Oil production has been in steady decline for much of the past two decades in Indonesia, but the state aims to reverse this trend and achieve a production target of 1m barrels per day (bpd) by 2030. This will require investment from both domestic and foreign players, with policymakers searching for the right mix of state control and commercial incentives to achieve this.

The upstream exploration required to boost production has been flagging, with the number of exploration wells dropping from 38 in 2017 to 21 in 2018. Global oil prices have been a factor, with the price of Brent crude falling in 2014, before rising steadily between 2016 and 2019, then dropping precipitously in 2020 as a result of the impact on demand of the Covid-19 pandemic. Speaking in October 2019 in Jakarta, John Karamoy, chairman of the Oil and Gas Companies Association, stated that to meet the government’s targets, hundreds of new wells would need to be drilled. Karamoy estimated that investment of $600m per year over a decade was needed to reach 1m bpd, based on the assumption that Indonesia’s well-studied geography is familiar to oil geologists, who might, therefore, have a higher success rate than in less familiar terrain. As a result, he predicted that there could be one oil discovery for every five holes drilled, against an average of one in eight in most other countries.

Relaxed Regulation

To realise its oil production targets, Indonesia is seeking to improve investment sentiment among foreign multinationals. Regulators have shown flexibility in their approach, announcing in late 2019 that they would reintroduce cost recovery-based production-sharing contracts (PSCs), which had ended with the move to gross-split PSCs in 2017. Under the cost-recovery mechanism, the government reimburses companies for upstream-related costs in exchange for a higher share of total earnings.

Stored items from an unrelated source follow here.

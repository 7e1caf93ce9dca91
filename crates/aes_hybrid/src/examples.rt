//! A struct that keeps a key, at values from outside, as contracts. With them the prover refuses a
//! mistake in a definition. The calls have no effect.
//!
//! `bytes n 0x..` is the n bytes that these digits write. A separate model in Python computed what
//! a struct stores, from the standard and the basis that `tables.rt` of `aes_permute` describes.

ghost use Rattle.std.specs.Prelude.{◌≡◌, ◌↔◌, map, replicate};
ghost use Rattle.aes_planes.specs.BigEndian.{bytes};
ghost use Rattle.aes_planes.specs.Fips197 as fips;
ghost use Rattle.aes_cipher.specs.KeySizes.{IsKeySize};
ghost use Rattle.aes_permute.specs.Keys.{encrypting, key_in_room, stored_keys, AreInverse};
ghost use Rattle.aes_permute.specs.Keys.{AreZeroAfter};
ghost use Rattle.aes_hybrid.specs.KeptKey.{key_in, no_key, no_key_both_ways, round_keys_in};
ghost use Rattle.aes_hybrid.specs.KeptKey.{HoldsKey, IsKeptBothWays, IsZeroAfter, IsZeroAfterBoth};
ghost use Rattle.aes_hybrid.specs.declared.kept_key.KeptKey.{KeptKey};
ghost use Rattle.aes_hybrid.specs.declared.kept_key.KeptBothWays.{KeptBothWays};

use aes_planes::examples::key_expansion_128;

// The blocks of the struct of the key of A.1, each as one number, highest byte first: the stored
// round keys of Cipher.
const ENCRYPTING: [u128; 15] = [
    0x2b7e151628aed2a6abf7158809cf4f3c,
    0xe41733633ed7aa338e4bfa42a8f999d8,
    0xf039b3a0a040448c408b19f086aeddfd,
    0x1ed98d2fd08e3e90fea0d0031619facd,
    0x7dcdc8e1c37a5c8c539abf2f2b54ef6e,
    0x3cca45299110c468ac04a668e9f094cb,
    0x16caf9e1e96e03e72b3e28a0ac5482e7,
    0xf671f7f771d51b7834d5dcf1f64bb17e,
    0x510d86924e12590d14a9c01d8c12b584,
    0xee6cb592ceab6ee1b4d72c0b56101bf1,
    0xb3779acbaa8d46ea825c6fabd5006fc5,
    0,
    0,
    0,
    0,
];

// The blocks of the struct of the key of A.1: the stored round keys of EqInvCipher.
const DECRYPTING: [u128; 15] = [
    0xb3779acbaa8d46ea825c6fabd5006fc5,
    0xe32ae929e2826200f20eae0c6eb3705a,
    0x1184867a2da0f25f3cb4b5aeb0b5a720,
    0x57086ba210103e763d2dc909a01d5873,
    0x7ad0a3c96b11bdfd011c1ff8b1397953,
    0x7aed8e873d214ad04609e4189c3c3229,
    0x5ae01a1d6b04fa8257e990e2f6fde8e4,
    0x01c8462a1d2d54d51038e2b38d31ccad,
    0xdfa042c5303902ab2125a6d3b1d53e4a,
    0xf9b588b5c330b4e73ddc3842bc916c54,
    0x2b7e151628aed2a6abf7158809cf4f3c,
    0,
    0,
    0,
    0,
];

/// What is stored for the key of A.1: its round keys in both directions, and zeros after them.
#[tactic(auto, unfolding(crate::proofs::OnLiterals::kept_on_literals))]
pub fn stored_example()
    ensures round_keys { encrypting (stored_keys 16 (map (bytes 16) ENCRYPTING))
        ≡ fips.key_expansion (bytes 16 0x2b7e151628aed2a6abf7158809cf4f3c) }
    ensures inverse { AreInverse (stored_keys 16 (map (bytes 16) DECRYPTING))
        (stored_keys 16 (map (bytes 16) ENCRYPTING)) }
    ensures key { key_in_room 16 (map (bytes 16) ENCRYPTING)
        ≡ bytes 16 0x2b7e151628aed2a6abf7158809cf4f3c }
    ensures after_encrypting { AreZeroAfter 16 (map (bytes 16) ENCRYPTING) }
    ensures after_decrypting { AreZeroAfter 16 (map (bytes 16) DECRYPTING) }
{
    key_expansion_128();
}

/// The struct of the key of A.1 is in order.
pub fn struct_example()
    ensures { IsKeptBothWays (record {
      key = record { length = 16; round_keys = map (bytes 16) ENCRYPTING };
      decrypting = map (bytes 16) DECRYPTING;
    }) }
{
    stored_example();
}

/// How a struct is read: it holds a key if its length is that of one, and the key is read from its
/// blocks.
pub fn struct_rules()
    ensures holds { (kept : KeptKey) → HoldsKey kept ↔ IsKeySize kept.length }
    ensures key { (kept : KeptKey) → key_in kept ≡ key_in_room kept.length kept.round_keys }
    ensures round_keys { (kept : KeptKey)
        → round_keys_in kept ≡ fips.key_expansion (key_in kept) }
{}

/// What a wipe leaves, field by field: nothing.
pub fn no_key_examples()
    ensures length { no_key.length ≡ 0 }
    ensures round_keys { no_key.round_keys ≡ replicate 15 (replicate 16 0) }
    ensures both_ways { no_key_both_ways.key ≡ no_key }
    ensures decrypting { no_key_both_ways.decrypting ≡ replicate 15 (replicate 16 0) }
{}

/// If a struct has nothing of another key after its round keys, that room is zero. In a struct for
/// both directions, the room of each direction is zero.
pub fn zeros_after()
    ensures alone { (kept : KeptKey) → IsZeroAfter kept → AreZeroAfter kept.length kept.round_keys }
    ensures encrypting { (kept : KeptBothWays) → IsZeroAfterBoth kept
        → AreZeroAfter kept.key.length kept.key.round_keys }
    ensures decrypting { (kept : KeptBothWays) → IsZeroAfterBoth kept
        → AreZeroAfter kept.key.length kept.decrypting }
{}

The government is also hoping that recent regulations to improve industry access to upstream data will stimulate private investment. Through the issuance of Ministry of Energy and Mineral Resources (MEMR) Regulation No. 17 in mid-2019, the government created the Energy and Mineral Resources Data and Information Technology Centre, as well as a system for the sharing and use of non-confidential oil and gas data. Fee-paying members will have full access to a range of non-confidential data from the oil and gas industry, while non-members will be entitled to general or basic data. The government also introduced two new tax incentives for foreign investors in 2019: waivers on value-added taxes incurred on goods used in exploration, and 100% deductions for outstanding land and building tax related to hydrocarbons projects.

Local Control

MEMR’s agreement to extend the ConocoPhillips and Repsol PSC for the Corridor natural gas block is also a positive sign. The existing deal was set to expire at the end of 2023, but has been extended to 2043. In several instances, Pertamina has been the beneficiary of decisions not to renew expiring licences for productive assets held by foreign investors. A total of 10 PSCs since 2015 have gone to Pertamina after a private operator’s licence was not renewed. The two most prominent of these were the Mahakam oil and gas block operated by Total until 2018, and Rokan, the second-biggest oil-producing block, which will move from Chevron to Pertamina in 2021.

These handovers give Pertamina a crucial role alongside foreign investors in the effort to achieve the 1m-bpd target by 2030. Production in Rokan has fallen in recent years as Chevron decided not to invest in further drilling ahead of the ownership switch, with output in 2020 estimated at 161,000 bpd, down from 190,000 in 2019. A similar drop took place with the Mahakam block during the transition, and both oil and gas targets were missed in the initial stages of takeover. Expanding production in both fields is an opportunity for Pertamina to boost revenue in the upstream segment and in the business overall, since a large amount of its income comes from downstream activities.